Ramón Silverio, nevertheless, assures “a large part of this community has never been interested in marriage.”

“I don’t understand why there is this setback,” said Abel Raúl, a young man with Christian parents who moved to Villa Clara from eastern Cuba.

Mariela Castro Espín, (a member of the National Assembly) since the beginning of the debates has insisted that “there is no setback” and everything is due to a misinterpretation of the parliament’s first communiqué that was published on Twitter on Dec. 18.

CENESEX launched a social media campaign during the parliamentary sessions with the hashtag #IVoteYes and the slogan “Rewrite happiness.”

Castro Espín was the furthest away during parliament’s closing session and attributed the intention of numerous people to vote against the draft constitution over the exclusion of Article 68 the announcement of another popular consultation exclusively on marriage to the “counter revolution.”

Raisel Nuñez Medina, another one of the young people who spoke with Tremenda Nota in the park in Santa Clara, considers the debates around marriage “were as if it was something abnormal, and there were thousands of more important things to discuss.”

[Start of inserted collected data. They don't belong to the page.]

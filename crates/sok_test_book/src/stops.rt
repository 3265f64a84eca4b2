//! Commands that are stopped at each call of the disk, and the book that is found when its files
//! are opened again.

use crate::answering::{Command, answer};
use crate::commands::TWO_PUSHES;
use sok_sketch::sketch::ROOM_OF_TWO_ROWS;
use sok_store::book::Book;
use sqlite::{Alter, Connection, Files, Options};
use sqlite_disk::{Crash, Disk, Fuse, Memory};
use std::alloc::Global;
use std::process::Abort;
use std::test::Fail;

/// The files of a database, each of which stops after some calls.
type Stopping = Files<Fuse<Memory>>;

/// A command on the book that others made, the command that shows the book then, and what it may
/// show: the last of these, if the first command has answered.
struct Stop {
    before: &'static [Command<'static>],
    command: Command<'static>,
    look: Command<'static>,
    found: &'static [&'static str],
}

const STOPS: [Stop; 4] = [
    Stop {
        before: &[
            Command::Add(ROOM_OF_TWO_ROWS),
            Command::Offer(1, "rlulldRurrdLulldRR"),
        ],
        command: Command::Offer(1, "ulldRR"),
        look: Command::Show(1),
        found: &[
            "######\n#    #\n# $@.#\n######\nbest 4 18 rlulldRurrdLulldRR\nverdict untested\n",
            "######\n#    #\n# $@.#\n######\nbest 2 6 ulldRR\nverdict untested\n",
        ],
    },
    Stop {
        before: &[Command::Add(ROOM_OF_TWO_ROWS), Command::Offer(1, "ulldRR")],
        command: Command::Prove(1, TWO_PUSHES),
        look: Command::Show(1),
        found: &[
            "######\n#    #\n# $@.#\n######\nbest 2 6 ulldRR\nverdict untested\n",
            "######\n#    #\n# $@.#\n######\nbest 2 6 ulldRR\nverdict optimal\n",
        ],
    },
    Stop {
        before: &[Command::Add(ROOM_OF_TWO_ROWS)],
        command: Command::Settle(4, 1),
        look: Command::Show(1),
        found: &[
            "######\n#    #\n# $@.#\n######\nbest none\nverdict untested\n",
            "######\n#    #\n# $@.#\n######\nbest 2 6 ulldRR\nverdict untested\n",
            "######\n#    #\n# $@.#\n######\nbest 2 6 ulldRR\nverdict optimal\n",
        ],
    },
    Stop {
        before: &[],
        command: Command::Add(
            "###\n#@#\n#$#\n#.#\n###\n\n#####\n#@$.#\n#####\n\n####\n#@*#\n####\n",
        ),
        look: Command::Export,
        found: &[
            "",
            "###\n#@#\n#$#\n#.#\n###\n\n",
            "###\n#@#\n#$#\n#.#\n###\n\n#####\n#@$.#\n#####\n\n",
            "###\n#@#\n#$#\n#.#\n###\n\n#####\n#@$.#\n#####\n\n####\n#@*#\n####\n\n",
        ],
    },
];

/// Returns a file with these bytes that stops after so many calls.
fn stopping(alloc: Global, bytes: &[u8], calls: u64) -> Result<Fuse<Memory>, Fail> {
    let mut file = Memory::new(alloc);
    file.write_at(0, bytes)?;
    file.sync()?;
    Ok(Fuse::new(file, calls))
}

/// Returns files with the bytes of others that stop after so many calls to each.
fn copy_of(alloc: Global, files: &Stopping, log: u64, db: u64) -> Result<Stopping, Fail> {
    Ok(Files {
        log: stopping(alloc, files.log.inner().bytes(), log)?,
        db: stopping(alloc, files.db.inner().bytes(), db)?,
    })
}

/// Returns what a command writes, if it answers.
fn written<S: Alter>(alloc: Global, book: &mut Book<S>, command: Command<'_>) -> Option<Vec<u8>> {
    let mut out = Vec::new(alloc);
    match answer(alloc, book, command, &mut out) {
        Ok(_) => Some(out),
        Err(_) => None,
    }
}

/// Runs a command on the book in a database. Returns what is left of the database, and what was
/// written if the command answered.
fn worked_in<S: Alter + Drop>(
    alloc: Global,
    connection: Connection<S>,
    command: Command<'_>,
) -> (S, Option<Vec<u8>>) {
    if !connection.is_autocommit() {
        return (connection.into_store(), None);
    }
    match Book::open(alloc, connection) {
        Err(refused) => (refused.connection.into_store(), None),
        Ok(mut book) => {
            let told = written(alloc, &mut book, command);
            (book.into_connection().into_store(), told)
        }
    }
}

/// Does the same for the database in some files, which is opened first. It takes files of any kind,
/// so that the contracts of the calls are read once, and not for the files that stop.
fn worked_on<D: Disk + Drop>(
    alloc: Global,
    files: Files<D>,
    command: Command<'_>,
) -> Result<(Files<D>, Option<Vec<u8>>), Fail> {
    if !files.may_be_used() {
        return Err("a sync has failed".into());
    }
    match Connection::open_files(alloc, files, Options::new(1)) {
        Err((_, left)) => Ok((left.into_files(), None)),
        Ok(connection) => {
            let (store, told) = worked_in(alloc, connection, command);
            Ok((store.close(), told))
        }
    }
}

/// Does the same for files that stop.
fn worked(
    alloc: Global,
    files: Stopping,
    command: Command<'_>,
) -> Result<(Stopping, Option<Vec<u8>>), Fail> {
    worked_on(alloc, files, command)
}

/// Returns what is left of the files after a command that answers.
fn answered(alloc: Global, files: Stopping, command: Command<'_>) -> Result<Stopping, Fail> {
    let (left, told) = worked(alloc, files, command)?;
    told.ok_or("a command was refused")?;
    Ok(left)
}

/// Returns the files of the book that commands made.
fn made(alloc: Global, commands: &[Command<'_>]) -> Result<Stopping, Fail> {
    let mut files = Files {
        log: Fuse::new(Memory::new(alloc), u64::MAX),
        db: Fuse::new(Memory::new(alloc), u64::MAX),
    };
    for command in commands {
        files = answered(alloc, files, *command)?;
    }
    Ok(files)
}

/// Returns what a command writes for the book in files, which is opened again.
fn found(alloc: Global, files: Stopping, command: Command<'_>) -> Result<String, Fail> {
    let (_, told) = worked(alloc, files, command)?;
    Ok(String::from_utf8(told.ok_or("the book is not opened again")?)?)
}

/// Asserts that the book in files shows what it may show.
fn look(
    rt: &impl Abort,
    alloc: Global,
    files: Stopping,
    stop: &Stop,
    answered: bool,
) -> Result<(), Fail> {
    let told = found(alloc, files, stop.look)?;
    let last = stop.found.last().copied();
    let may_stand = if answered {
        last == Some(told.as_str())
    } else {
        stop.found.iter().any(|text| *text == told.as_str())
    };
    assert!(rt; may_stand, "{told}");
    Ok(())
}

/// Looks at what a command leaves: all that it wrote, and what is left if the machine stops too.
fn look_twice(
    rt: &impl Abort,
    alloc: Global,
    mut left: Stopping,
    stop: &Stop,
    answered: bool,
) -> Result<(), Fail> {
    let written = copy_of(alloc, &left, u64::MAX, u64::MAX)?;
    look(rt, alloc, written, stop, answered)?;
    left.log.crash();
    left.db.crash();
    look(rt, alloc, left, stop, answered)
}

/// Stops a command after so many calls to the log and to the database, and looks at what it leaves.
/// Returns whether the command answered.
fn is_answered(
    rt: &impl Abort,
    alloc: Global,
    before: &Stopping,
    calls: (u64, u64),
    stop: &Stop,
) -> Result<bool, Fail> {
    let files = copy_of(alloc, before, calls.0, calls.1)?;
    let (left, told) = worked(alloc, files, stop.command)?;
    let answered = told.is_some();
    look_twice(rt, alloc, left, stop, answered)?;
    Ok(answered)
}

/// Stops a command after no call to one of the files, after one, and so on, until it answers.
fn stop_each(
    rt: &impl Abort,
    alloc: Global,
    before: &Stopping,
    to_log: bool,
    stop: &Stop,
) -> Result<bool, Fail> {
    for calls in 0..1_000 {
        let calls = if to_log {
            (calls, u64::MAX)
        } else {
            (u64::MAX, calls)
        };
        if is_answered(rt, alloc, before, calls, stop)? {
            return Ok(true);
        }
    }
    Ok(false)
}

/// Stops a command at each call to the log, and at each to the database.
fn stop_both(rt: &impl Abort, alloc: Global, before: &Stopping, stop: &Stop) -> Result<(), Fail> {
    for &to_log in &[true, false] {
        assert!(rt; stop_each(rt, alloc, before, to_log, stop)?);
    }
    Ok(())
}

#[test]
fn stops_at_each_call(rt: HostRuntime) -> Result<(), Fail> {
    for stop in &STOPS {
        let before = made(rt.alloc(), stop.before)?;
        stop_both(&rt, rt.alloc(), &before, stop)?;
    }
    Ok(())
}
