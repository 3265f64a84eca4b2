//! What is shown of records.

use sok_book::export::export_text;
use sok_book::overview::overview_text;
use sok_book::record::{Best, Record, Verdict};
use sok_book::show::shown_text;
use sok_book::title::kept_title;
use sok_rules::fault::Memory;
use sok_sketch::sketch::level;
use sok_text::lurd::{LurdFault, read_lurd};
use std::alloc::Global;
use std::process::Abort;
use std::test::Fail;

const ROOM: &str = "######\n#    #\n# $@.#\n######\n";

const UNTITLED: &str = "#####\n#@$.#\n#####\n";

/// Returns a solution of the room.
fn best(alloc: Global) -> Result<Best, LurdFault> {
    Ok(Best {
        letters: read_lurd(alloc, b"ulldrr")?,
        pushes: 2,
        moves: 6,
    })
}

/// Returns the room with its best solution, which is proved.
fn room(alloc: Global) -> Result<Record, Fail> {
    Ok(Record {
        id: 1,
        level: level(alloc, ROOM)?,
        title: Some(b"A room".to_vec(alloc)?),
        best: Some(best(alloc)?),
        verdict: Verdict::Optimal,
    })
}

/// Returns a level of which nothing is known.
fn untitled(alloc: Global) -> Result<Record, Fail> {
    Ok(Record {
        id: 2,
        level: level(alloc, UNTITLED)?,
        title: None,
        best: None,
        verdict: Verdict::Untested,
    })
}

/// Returns both records.
fn records(alloc: Global) -> Result<Vec<Record>, Fail> {
    let mut records = Vec::new(alloc);
    records.push(room(alloc)?)?;
    records.push(untitled(alloc)?)?;
    Ok(records)
}

/// Returns whether a record is shown as this text.
fn is_shown(alloc: Global, kept: &Record, text: &str) -> Result<bool, Memory> {
    Ok(shown_text(alloc, kept)?.as_slice() == text.as_bytes())
}

/// Asserts that each record is shown as its rows and these lines.
fn assert_shown(rt: &impl Abort, alloc: Global, records: &[Record]) -> Result<(), Fail> {
    for (kept, text) in records.iter().zip([
        "######\n#    #\n# $@.#\n######\ntitle A room\nbest 2 6 ulldRR\nverdict optimal\n",
        "#####\n#@$.#\n#####\nbest none\nverdict untested\n",
    ]) {
        assert!(rt; is_shown(alloc, kept, text)?, "{text}");
    }
    Ok(())
}

/// Returns whether both are exported, with these notes after the first: those of its solution, or
/// none.
fn are_exported(alloc: Global, records: &[Record], notes: &str) -> Result<bool, Fail> {
    let told = export_text(alloc, records, !notes.is_empty())?;
    let whole = format!(in alloc; "; A room\n{ROOM}{notes}\n{UNTITLED}\n")?;
    Ok(told.as_slice() == whole.as_bytes())
}

/// Returns whether the overview of both has these lines.
fn are_told(alloc: Global, records: &[Record], lines: &str) -> Result<bool, Fail> {
    Ok(overview_text(alloc, records)?.as_slice() == lines.as_bytes())
}

/// Asserts the texts of both records.
fn assert_texts(rt: &impl Abort, alloc: Global, records: &[Record]) -> Result<(), Fail> {
    for &notes in &["", "Solution: ulldRR\nPushes: 2 optimal\n"] {
        assert!(rt; are_exported(alloc, records, notes)?, "{notes}");
    }
    let lines = "1 4 6 1 2 6 optimal A room\n2 3 5 1 - - untested\n";
    assert!(rt; are_told(alloc, records, lines)?);
    Ok(())
}

#[test]
fn records_are_shown_exported_and_told(rt: HostRuntime) -> Result<(), Fail> {
    let records = records(rt.alloc())?;
    assert_shown(&rt, rt.alloc(), &records)?;
    assert_texts(&rt, rt.alloc(), &records)
}

/// Returns whether the overview of a level with this title is this line.
fn is_titled(alloc: Global, title: &[u8], line: &[u8]) -> Result<bool, Fail> {
    let mut kept = untitled(alloc)?;
    kept.title = Some(title.to_vec(alloc)?);
    let mut records = Vec::new(alloc);
    records.push(kept)?;
    Ok(overview_text(alloc, &records)?.as_slice() == line)
}

#[test]
fn control_characters_of_titles_are_seen(rt: HostRuntime) -> Result<(), Fail> {
    for &(title, line) in &[
        (
            b"A\r1 4 6 1 2 6 \x1b[2J".as_slice(),
            b"1 3 5 1 - - untested A\\x0d1 4 6 1 2 6 \\x1b[2J\n".as_slice(),
        ),
        // DEL, U+0080, U+009F and U+00A0, and the byte of U+009B by itself, behind two leads and one
        (
            b"\0\x7f\xc2\x80\xc2\x9f\xc2\xa0\x9b\xc2\xc2\x9b\xc2".as_slice(),
            b"1 3 5 1 - - untested \\x00\\x7f\\x80\\x9f\xc2\xa0\x9b\xc2\\x9b\xc2\n".as_slice(),
        ),
    ] {
        assert!(rt; is_titled(rt.alloc(), title, line)?, "{title:?}");
    }
    Ok(())
}

#[test]
fn titles_are_kept_in_one_line(rt: HostRuntime) -> Result<(), Fail> {
    for &(text, title) in &[
        (" \t A \t room \r\t\r\nmore", Some("A \t room")),
        ("\r \r", None),
        ("\nA room", None),
        ("", None),
    ] {
        match (kept_title(text.as_bytes()), title) {
            (Some(kept), Some(title)) => assert_eq!(rt; kept, title.as_bytes()),
            (None, None) => {}
            _ => assert!(rt; false, "one title is there, and the other is not"),
        }
    }
    Ok(())
}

“I know couples who have lived in the same home for more than 30 years and had put their hopes in their legal union to make their future plans,” he says.

Ramón Silverio, who agrees with CENESEX’s position, supports Article 82 and wants to influence El Mejunje’s clientele in order to get more votes in favor of the draft constitution.

“Since Sunday we have been conducting a campaign that includes exhaustive explanations of the article,” he declared to Tremenda Nota. “I am convinced that the majority is going to vote yes in the referendum.”

“For its part, an LGBTI+ group from Placetas, a city near Santa Clara, on Dec. 25 made an announcement on Facebook that left out propaganda from the yes and no (factions) and reflects on the inconsistencies of official activism.

The group considers that the version of the marriage article approved by the parliament “does not satisfy the demands of the LGBTI communities.”

“Some activists were controlled by indications of waiting later,” said a document signed by CENESEX collaborators that denounced the claims.

The revelation seems to allude to instructions sent by the institution (CENESEX) to its “community networks” in order to avoid answering questions or public acts against the homophobic campaign that various evangelical churches have promoted. The declaration suggests Placetas LGBTI will vote in favor of the new constitution, although its members also demanded the elimination from the constitutional text the provision that “authorizes” the right to marriage equality to go to a referendum.